Three times and counting= the number of times I've recently seen We Bought A Zoo. 
(my mom and I were so inspired that we actually went to the zoo the day after watching it)


weird that my last blog was about a movie too (can't help it I guess)

Something about the movie gets me every time. I don't know if it's the adorable little girl. I know it's definitely not the animals(still can't stand them), or ScarJo(she bugs me for some reason) It might be the killer dad role that Matt Damon plays. It's probably the one liners about "twenty seconds of courage," and my favorite answer to why they bought the zoo in the first place, "Why not?"

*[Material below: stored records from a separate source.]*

//! The inbox.
ghost use Rattle.std.specs.Prelude.{◌≡◌, ℕ, List, refl, IfErr, IfOk};
ghost use Rattle.sms_base.specs.declared.address.Address.{Address as AddressOf};
ghost use Rattle.sms_concat.specs.declared.content.Content.{Content as ContentOf};
ghost use Rattle.sms_handset_rows.specs.declared.inbox.entry.Group.{Group as GroupOf};
ghost use Rattle.sms_handset_rows.specs.declared.inbox.entry.Entry.{Entry as EntryOf};
ghost use Rattle.sms_store_sql.specs.listing.Inside.{Counts, Keeps, RanOn, Spares};
ghost use Rattle.sms_store_sql.specs.listing.Reading.{LacksMemory};
ghost use Rattle.sms_store_tables.specs.handset.Types.{Joined, Part, Single};
ghost use Rattle.sms_store_tables.specs.handset.EntryList.{IsStoredMessage, entry_is_list, entry_list, joined_in, message_in, part_in, row_columns};

use crate::handset::group::group_at;
use crate::handset::kind::HandsetStore;
use crate::handset::words::{coding_at, coding_word};
use crate::references::{reference_bits, reference_number};
use sms_base::{Address, Octets};
use sms_concat::Content;
use sms_handset_rows::inbox::{Entry, Group, Message};
use sms_store_sql::listing::{
    Counted, StoredRow, address_at, octet_at, octets_at, run_counted, text_at, text_of, word_at,
};
use sms_store_sql::schema::StoredTable;
use sms_store_sql::table;
use sqlite::{Alter, Error, Row, Transaction, params};
use std::alloc::Global;

impl StoredRow<HandsetStore> for Entry {
    ghost list = { entry_list };

    fn table() -> StoredTable {
        table!(entry in 2, key number,
            number INTEGER NOT NULL, slots INTEGER NOT NULL, kind TEXT NOT NULL, source_ton INTEGER,
            source_npi INTEGER, source TEXT, reference_bits INTEGER, reference INTEGER,
            total INTEGER, part INTEGER, coding TEXT, data_coding_scheme INTEGER,
            octets BLOB NOT NULL,
        )
    }

    fn write<S: Alter>(&self, alloc: Global, tx: &mut Transaction<'_, S>, text: &str) -> Counted {
        match &self.message {
            Message::Single { tpdu } => write_single(self.number, self.slots, tpdu, tx, text),
            Message::Part {
                group,
                number,
                tpdu,
            } => write_part(
                alloc,
                self.number,
                self.slots,
                group,
                *number,
                tpdu,
                tx,
                text,
            ),
            Message::Joined { source, content } => {
                write_joined(alloc, self.number, self.slots, source, content, tx, text)
            }
        }
    }

    fn read(_alloc: Global, row: &Row) -> Result<Entry, Error> {
        let number = word_at(row, 0)?;
        let slots = octet_at(row, 1)?;
        let message = message_at(row)?;
        Ok(Entry {
            number,
            slots,
            message,
        })
    }

    ghost one_key = { λ x. refl };

    ghost is_list = { entry_is_list };
}

fn message_at(row: &Row) -> Result<Message, Error>
    ensures value { IfOk result (λ message. message ≡ message_in row.now) }
    ensures only { (e : EntryOf) → IsStoredMessage e.message → row.now ≡ row_columns e → IfErr result LacksMemory }
{
    let kind = text_at(row, 2)?;
    if kind == "single" {
        let tpdu = octets_at(row, 12)?;
        return Ok(Message::Single { tpdu });
    }
    if kind == "part" {
        return part_at(row);
    }
    if kind == "joined" {
        return joined_at(row);
    }
    Err(Error::Utf8Error(2))
}

fn part_at(row: &Row) -> Result<Message, Error>
    ensures value { IfOk result (λ message. message ≡ part_in row.now) }
    ensures only { (number slots : ℕ) (group : GroupOf) (part : ℕ) (tpdu : List ℕ) → IsStoredMessage (Part group part tpdu)
        → row.now ≡ row_columns (record { number = number; slots = slots; message = Part group part tpdu }) → IfErr result LacksMemory }
{
    let group = group_at(row, 3)?;
    let number = octet_at(row, 9)?;
    let tpdu = octets_at(row, 12)?;
    Ok(Message::Part {
        group,
        number,
        tpdu,
    })
}

fn joined_at(row: &Row) -> Result<Message, Error>
    ensures value { IfOk result (λ message. message ≡ joined_in row.now) }
    ensures only { (number slots : ℕ) (source : AddressOf) (content : ContentOf) → IsStoredMessage (Joined source content)
        → row.now ≡ row_columns (record { number = number; slots = slots; message = Joined source content }) → IfErr result LacksMemory }
{
    let source = address_at(row, 3)?;
    let coding = coding_at(row, 10)?;
    let dcs = octet_at(row, 11)?;
    let units = octets_at(row, 12)?;
    Ok(Message::Joined {
        source,
        content: Content { coding, dcs, units },
    })
}

fn write_single<S: Alter>(
    number: u32,
    slots: u8,
    tpdu: &Octets,
    tx: &mut Transaction<'_, S>,
    text: &str,
) -> Result<usize, Error>
    ensures same_reference { tx.new.conn.ghost_name ≡ tx.old.conn.ghost_name }
    ensures done { Counts S.Store tx.old.conn.now tx.new.conn.now
        (RanOn text.now (row_columns (record { number = number; slots = slots; message = Single tpdu.now }))) result }
    ensures uncommitted { Keeps S.Store tx.old.conn.now tx.new.conn.now }
    ensures survives { Spares S.Store tx.old.conn.now tx.new.conn.now }
{
    let none: Option<u32> = None;
    run_counted(
        tx,
        text,
        params![
            number,
            u32::from(slots),
            "single",
            none,
            none,
            none,
            none,
            none,
            none,
            none,
            none,
            none,
            tpdu.as_slice()
        ],
    )
}

fn write_part<S: Alter>(
    alloc: Global,
    number: u32,
    slots: u8,
    group: &Group,
    part: u8,
    tpdu: &Octets,
    tx: &mut Transaction<'_, S>,
    text: &str,
) -> Result<usize, Error>
    ensures same_reference { tx.new.conn.ghost_name ≡ tx.old.conn.ghost_name }
    ensures done { Counts S.Store tx.old.conn.now tx.new.conn.now
        (RanOn text.now (row_columns (record { number = number; slots = slots; message = Part group.now part tpdu.now }))) result }
    ensures uncommitted { Keeps S.Store tx.old.conn.now tx.new.conn.now }
    ensures survives { Spares S.Store tx.old.conn.now tx.new.conn.now }
    ensures fits { IfOk result (λ _. IsStoredMessage (Part group.now part tpdu.now)) }
{
    let source = text_of(alloc, group.source.digits.as_few())?;
    let none: Option<u32> = None;
    run_counted(
        tx,
        text,
        params![
            number,
            u32::from(slots),
            "part",
            u32::from(group.source.ton.number()),
            u32::from(group.source.npi),
            &source,
            reference_bits(group.reference),
            reference_number(group.reference),
            u32::from(group.total),
            u32::from(part),
            none,
            none,
            tpdu.as_slice()
        ],
    )
}

fn write_joined<S: Alter>(
    alloc: Global,
    number: u32,
    slots: u8,
    source: &Address,
    content: &Content,
    tx: &mut Transaction<'_, S>,
    text: &str,
) -> Result<usize, Error>
    ensures same_reference { tx.new.conn.ghost_name ≡ tx.old.conn.ghost_name }
    ensures done { Counts S.Store tx.old.conn.now tx.new.conn.now
        (RanOn text.now (row_columns (record { number = number; slots = slots; message = Joined source.now content.now }))) result }
    ensures uncommitted { Keeps S.Store tx.old.conn.now tx.new.conn.now }
    ensures survives { Spares S.Store tx.old.conn.now tx.new.conn.now }
    ensures fits { IfOk result (λ _. IsStoredMessage (Joined source.now content.now)) }
{
    let digits = text_of(alloc, source.digits.as_few())?;
    let none: Option<u32> = None;
    run_counted(
        tx,
        text,
        params![
            number,
            u32::from(slots),
            "joined",
            u32::from(source.ton.number()),
            u32::from(source.npi),
            &digits,
            none,
            none,
            none,
            none,
            coding_word(content.coding),
            u32::from(content.dcs),
            content.units.as_slice()
        ],
    )
}
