//! What waits for a handset.
ghost use Rattle.std.specs.Prelude.{◌≡◌, [], length, IfOk, OnOk};
ghost use Rattle.sms_rows.specs.table.Keys.{pair_key};
ghost use Rattle.sms_rows.specs.table.Table.{Rises, put, row_at, without};
ghost use Rattle.sms_centre_rows.specs.waiting.Keys.{queued_key};
ghost use Rattle.sms_centre_rows.specs.waiting.References.{AreHeld};
ghost use Rattle.sms_centre_rows.specs.waiting.Waiting.{all_at_once, next as next_of, waits_beside as waits_beside_of, withdrawn};
ghost use Rattle.sms_schedule.specs.waiting.Base.{AllBelow};
ghost use Rattle.sms_schedule.specs.waiting.Waiting.{queued_of};

use crate::waiting::held::held_with;
use crate::waiting::ordered_rows::{is_below, joined};
use crate::waiting::queued_parts::{first_due, is_due_beside, queued_but, queued_due_at};
use crate::waiting::shared_parts::SharedParts;
use sms_base::{MessageId, Moment};
use sms_centre_rows::waiting::QueuedPart;
use sms_rows::table::{Key, Row, Table};
use std::alloc::{AllocError, Global};
use std::marker::Model;

// Where so many stand beside the shared ones, the next that comes behind them has all of them shared: few to copy, and seldom are
// all of them copied.
const MOST_NEWER: usize = 16;

/// What waits for a handset, in the order of messages and numbers. Copies share all but what was added last: a new
/// message is behind all others. A copy of all of them would cost an event more than all else that it does. What
/// changes among the shared ones is changed in a copy of all.
#[derive(Drop)]
pub struct WaitingParts {
    alloc: Global,
    base: SharedParts,
    // Behind the base.
    newer: Table<QueuedPart>,
}

impl Model for WaitingParts {
    ghost use Rattle.std.specs.Prelude.{◌++◌};
    ghost use Rattle.sms_rows.specs.table.Table.{Rises};
    ghost use Rattle.sms_centre_rows.specs.waiting.Keys.{queued_key};
    ghost use Rattle.sms_schedule.specs.waiting.Waiting.{WaitingPartsOf};

    ghost Value = { WaitingPartsOf };

    ghost view = { λ w. record { base = w.base; newer = w.newer.rows } };

    ghost invariant = { λ w. Rises queued_key (w.base ++ w.newer.rows) };
}

impl WaitingParts {
    /// Nothing waits.
    pub fn new(alloc: Global) -> WaitingParts
        ensures { result ≡ record { base = []; newer = [] } }
    {
        WaitingParts {
            alloc,
            base: SharedParts::new(),
            newer: Table::new(alloc),
        }
    }

    /// A copy that shares the memory of the shared parts.
    pub fn copy(&self) -> Result<WaitingParts, AllocError>
        ensures { IfOk result (λ waiting. waiting ≡ self.now) }
    {
        let base = self.base.share()?;
        let newer = Vec::from_slice(self.alloc, self.newer.as_slice())?;
        Ok(WaitingParts {
            alloc: self.alloc,
            base,
            newer: Table::from_vec(newer),
        })
    }

    /// All of it, in memory of its own.
    pub fn all_queued(&self) -> Result<Vec<QueuedPart>, AllocError>
        ensures { IfOk result (λ all_queued. all_queued.items ≡ queued_of self.now) }
    {
        let table = self.table()?;
        Ok(table.into_vec())
    }

    /// How much waits.
    pub fn len(&self) -> usize
        ensures { result ≡ length (queued_of self.now) }
    {
        self.base.as_slice().len() + self.newer.as_slice().len()
    }

    fn table(&self) -> Result<Table<QueuedPart>, AllocError>
        ensures { IfOk result (λ table. table.rows ≡ queued_of self.now) }
    {
        let all_queued = joined(self.alloc, self.base.as_slice(), self.newer.as_slice())?;
        Ok(Table::from_vec(all_queued))
    }
}

impl WaitingParts {
    /// The queued part of that key, if it waits.
    #[tactic(auto, using(crate::proofs::waiting::Parted::row_at_parted))]
    pub fn find(&self, key: Key) -> Option<QueuedPart>
        ensures { result ≡ row_at queued_key key (queued_of self.now) }
    {
        match self.base.find(key) {
            Some(queued) => Some(*queued),
            None => self.newer.find(key).copied(),
        }
    }

    /// What waits is in the order of messages and numbers, and each of them waits once. So `next` is what the laws say.
    pub fn is_ordered(&self)
        ensures { Rises queued_key (queued_of self.now) }
    {
        // Its rows are what is kept in both places.
        let _newer = self.newer.as_slice();
    }

    /// Of all that is due, the first to be offered.
    pub fn next(&self, now: Moment) -> Option<QueuedPart>
        ensures { result ≡ next_of now (queued_of self.now) }
    {
        let behind = first_due(self.newer.as_slice(), now, None);
        first_due(self.base.as_slice(), now, behind)
    }

    /// Whether another one is due beside it.
    #[tactic(auto, using(crate::proofs::waiting::Parted::beside_parted))]
    pub fn waits_beside(&self, now: Moment, chosen: &QueuedPart) -> bool
        ensures { result ≡ waits_beside_of now chosen.now (queued_of self.now) }
    {
        is_due_beside(self.base.as_slice(), now, chosen)
            || is_due_beside(self.newer.as_slice(), now, chosen)
    }

    /// For each reference whether something that waits holds it.
    pub fn held_references(&self) -> [bool; 256]
        ensures { AreHeld result (queued_of self.now) }
    {
        held_with(self.base.held(), self.newer.as_slice())
    }
}

impl WaitingParts {
    /// Lets one more wait, or the one of that message and number wait otherwise.
    pub fn put(&mut self, queued: QueuedPart) -> Result<(), AllocError>
        ensures { OnOk result (queued_of self.new ≡ put queued_key queued (queued_of self.old)) }
    {
        self.make_few(queued.key())?;
        self.make_own(queued.key())?;
        self.put_newer(queued)
    }

    /// The queued part of that key waits no more.
    pub fn remove(&mut self, key: Key) -> Result<(), AllocError>
        ensures { OnOk result (queued_of self.new ≡ without queued_key key (queued_of self.old)) }
    {
        self.make_own(key)?;
        self.remove_newer(key);
        Ok(())
    }

    /// No part of that message waits any more.
    pub fn withdraw(&mut self, id: MessageId) -> Result<(), AllocError>
        ensures { OnOk result (queued_of self.new ≡ withdrawn id (queued_of self.old)) }
    {
        self.make_own(Key::pair(id.number(), 0))?;
        self.withdraw_newer(id)
    }

    /// All that waits is due at that moment.
    #[tactic(auto, using(sms_centre_rows::proofs::waiting::Dues::rises_at_once))]
    pub fn due_at(&mut self, now: Moment) -> Result<(), AllocError>
        ensures { OnOk result (queued_of self.new ≡ all_at_once now (queued_of self.old)) }
    {
        let table = self.table()?;
        let all_queued = queued_due_at(self.alloc, table.as_slice(), now)?;
        self.replace(Table::from_vec(all_queued));
        Ok(())
    }
}

impl WaitingParts {
    // These wait, and copies share none of them.
    fn replace(&mut self, all_queued: Table<QueuedPart>)
        ensures { self.new ≡ record { base = []; newer = all_queued.rows } }
    {
        self.base = SharedParts::new();
        self.newer = all_queued;
    }

    // All of it is shared, where many stand beside the base and the next comes behind them.
    fn make_few(&mut self, key: Key) -> Result<(), AllocError>
        ensures { OnOk result (queued_of self.new ≡ queued_of self.old) }
    {
        if self.newer.as_slice().len() < MOST_NEWER {
            return Ok(());
        }
        if !is_below(self.newer.as_slice(), key) {
            return Ok(());
        }
        self.share_all()
    }

    fn share_all(&mut self) -> Result<(), AllocError>
        ensures { OnOk result (queued_of self.new ≡ queued_of self.old) }
    {
        let table = self.table()?;
        let base = SharedParts::of(self.alloc, table)?;
        self.base = base;
        self.newer = Table::new(self.alloc);
        Ok(())
    }

    // The queued part of that key, if it waits, is not shared.
    fn make_own(&mut self, key: Key) -> Result<(), AllocError>
        ensures all_queued { OnOk result (queued_of self.new ≡ queued_of self.old) }
        ensures below { OnOk result (AllBelow queued_key key self.new.base) }
    {
        if self.base.is_below(key) {
            return Ok(());
        }
        let table = self.table()?;
        self.replace(table);
        Ok(())
    }

    fn put_newer(&mut self, queued: QueuedPart) -> Result<(), AllocError>
        requires { AllBelow queued_key (queued_key queued) self.old.base }
        ensures { OnOk result (queued_of self.new ≡ put queued_key queued (queued_of self.old)) }
    {
        self.newer.put(queued)?;
        Ok(())
    }

    #[tactic(auto, using(crate::proofs::waiting::Parted::without_parted, crate::proofs::waiting::Parted::rises_without_parted))]
    fn remove_newer(&mut self, key: Key)
        requires { AllBelow queued_key key self.old.base }
        ensures { queued_of self.new ≡ without queued_key key (queued_of self.old) }
    {
        self.newer.remove(key);
    }

    #[tactic(auto, using(sms_centre_rows::proofs::waiting::Withdrawing::rises_withdrawn))]
    fn withdraw_newer(&mut self, id: MessageId) -> Result<(), AllocError>
        requires { AllBelow queued_key (pair_key id 0) self.old.base }
        ensures { OnOk result (queued_of self.new ≡ withdrawn id (queued_of self.old)) }
    {
        let all_queued = queued_but(self.alloc, self.newer.as_slice(), id)?;
        self.newer = Table::from_vec(all_queued);
        Ok(())
    }
}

I've had this deep desire  to watch that blasted movie with each and every person who hasn't seen it yet, like it's my personal mission lately. I mean, it made me want to buy a freaking zoo. I hate animals, and buying a zoo seems like a realistic option after each time I see the thing (for a few minutes at least) Surely it's that inspiring for everyone. Maybe that's why I can't stop. Maybe I just like knowing that someone is going to like something I suggest. It's such a good feeling of accomplishment and approval when you're the one who suggests the movie that turns out to be a hit, isn't it? The more people involved the better (unless you're the one that suggests the really crappy movie- been there done that, i.e: Be Kind Rewind with Jack Black… it sucked.)

Bottom line, I've got to buy a zoo. Not the actual animal kind, but figuratively speaking. I'm trying to figure out what my zoo is, especially after coming home from Thailand.


yes please to our team

Atlanta,Nashville, Indianapolis, Chicago, and Evansville= cities I've been in the last two weeks, thank you public transport. Being home this time around has been interesting- so awesome, very bittersweet, lots of fun(and food), and a little confusing. There's really no formula for re-entry back into home. I'm thankful, but a little pity-party-ish. I'm glad, but I'm sad. I'm comfortable, but uncomfortable with it. I miss my team, but I missed my family.

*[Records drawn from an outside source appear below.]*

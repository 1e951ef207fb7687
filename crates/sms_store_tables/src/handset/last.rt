//! What was accepted last.
ghost use Rattle.std.specs.Prelude.{refl};
ghost use Rattle.sms_store_tables.specs.handset.LastAcceptedList.{last_is_list, last_list};

use crate::fields;
use crate::handset::kind::HandsetStore;
use sms_handset_rows::inbox::LastAccepted;
use sms_store_sql::listing::{Counted, StoredRow, octet_at, octets_at, run_counted};
use sms_store_sql::schema::StoredTable;
use sms_store_sql::table;
use sqlite::{Alter, Error, Row, Transaction, params};
use std::alloc::Global;

impl StoredRow<HandsetStore> for LastAccepted {
    ghost list = { last_list };

    fn table() -> StoredTable {
        table!(last_accepted in 4, key reference,
            reference INTEGER NOT NULL, tpdu BLOB NOT NULL,
        )
    }

    fn write<S: Alter>(&self, _alloc: Global, tx: &mut Transaction<'_, S>, text: &str) -> Counted {
        run_counted(
            tx,
            text,
            params![u32::from(self.reference), self.tpdu.as_slice()],
        )
    }

    fn read(_alloc: Global, row: &Row) -> Result<LastAccepted, Error> {
        fields!(LastAccepted in row, reference: octet_at(0), tpdu: octets_at(1))
    }

    ghost one_key = { λ x. refl };

    ghost is_list = { last_is_list };
}
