//! Whether a database has the tables of a handset's store.
ghost use Rattle.std.specs.Prelude.{◌≡◌, ◌≢◌, false, length, IsTrue};
ghost use Rattle.sms_store_sql.specs.schema.StoredTable.{index_planned, table_planned};
ghost use Rattle.sms_store_sql.specs.tabled.TablePlan.{defined, key_index};
ghost use Rattle.sms_store_sql.specs.tabled.Texts.{create_text, delete_text, insert_text, select_text, update_text};
ghost use Rattle.sms_store_tables.specs.handset.HandsetSchema.{count_plan, handset_made, handset_schema};

use crate::handset::kind::HandsetStore;
use sms_handset_rows::inbox::{DiscardedGroup, Entry, LastAccepted};
use sms_handset_rows::outbox::OutEntry;
use sms_store_sql::listing::{Meta, StoredRow};
use sms_store_sql::schema::{StoredTable, is_schema};
use sms_store_sql::table;
use sqlite_schema::schema::Schema;

/// The table of what a handset counts.
pub fn counters_table() -> StoredTable
    ensures planned { table_planned result ≡ defined 10 count_plan }
    ensures index { index_planned result.index ≡ key_index 10 count_plan }
    ensures create { result.create.now ≡ create_text count_plan }
    ensures delete { result.delete.now ≡ delete_text count_plan }
    ensures update { result.update.now ≡ update_text count_plan }
    ensures insert { result.insert.now ≡ insert_text count_plan }
    ensures select { result.select.now ≡ select_text count_plan }
    ensures key { length result.key.now ≡ 1 }
{
    table!(counters in 10, key place,
        place INTEGER NOT NULL, next_entry INTEGER NOT NULL, next_message_reference INTEGER NOT NULL,
        next_reference INTEGER NOT NULL, next_concat_reference INTEGER NOT NULL,
        next_notice INTEGER NOT NULL, is_memory_full INTEGER NOT NULL,
    )
}

// The tables and their indexes, and no view.
fn has_tables(schema: &Schema) -> bool
    ensures yes { IsTrue result → schema.now ≡ handset_made }
    ensures always { schema.now ≡ handset_made → IsTrue result }
{
    let meta = <Meta as StoredRow<HandsetStore>>::table();
    let entry = Entry::table();
    let last = LastAccepted::table();
    let out = OutEntry::table();
    let mark = DiscardedGroup::table();
    let count = counters_table();
    let indexes = [
        meta.index,
        entry.index,
        last.index,
        out.index,
        mark.index,
        count.index,
    ];
    is_schema(schema, &[meta, entry, last, out, mark, count], &indexes)
}

/// Whether the tables are those of a handset's store, and no others are beside them.
pub fn is_handset_schema(schema: &Schema) -> bool
    ensures yes { IsTrue result → schema.now ≡ handset_schema }
    ensures no { result ≡ false → schema.now ≢ handset_schema }
{
    has_tables(schema)
}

my sister and I in Chicago

My favorite question upon returning is always the unavoidable, "What's next?" Because I have no answer, or slightest clue, I'm tempted to steal from the zoo movie line and just retort, "Why not?"- fully knowing that that doesn't really work there, but since I have no idea, I might as well deflect the question and segue into, "Have you seen We Bought a Zoo yet?"

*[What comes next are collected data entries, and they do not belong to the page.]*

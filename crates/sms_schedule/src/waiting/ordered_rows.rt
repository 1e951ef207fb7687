//! Ordered rows in two pieces, one behind the other.
ghost use Rattle.std.specs.Prelude.{◌≡◌, ◌↔◌, ◌++◌, true, IfOk};
ghost use Rattle.sms_rows.specs.table.Table.{Rises};
ghost use Rattle.sms_schedule.specs.waiting.Base.{AllBelow};

use sms_rows::table::{Key, Row};
use std::alloc::{AllocError, Global};

/// Whether all of these ordered rows have lower keys.
pub(crate) fn is_below<T: Row>(rows: &[T], key: Key) -> bool
    requires { Rises T.key rows.now }
    ensures { (result ≡ true) ↔ AllBelow T.key key rows.now }
{
    match rows.last() {
        Some(row) => row.key().number() < key.number(),
        None => true,
    }
}

/// The first rows and then the rest, in memory of their own.
pub(crate) fn joined<T: Copy + Drop>(
    alloc: Global,
    first: &[T],
    rest: &[T],
) -> Result<Vec<T>, AllocError>
    ensures { IfOk result (λ rows. rows.items ≡ first.now ++ rest.now) }
{
    let Some(len) = first.len().checked_add(rest.len()) else {
        return Err(AllocError);
    };
    let mut rows = Vec::with_capacity(alloc, len)?;
    rows.extend_from_slice(first)?;
    rows.extend_from_slice(rest)?;
    Ok(rows)
}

See the movie if you haven't, and here's to discovering my zoo- and yours too. The thing that's worth the risk, the adventure,and the struggle. The thing that takes everything you've got, but at the same time gives everything back that it took… eventually. The thing that takes faith. Until then I'm trusting, at least trying to, that God hasn't brought me this far to leave me(and you) That He has a plan, it's good, and it's gonna be alright.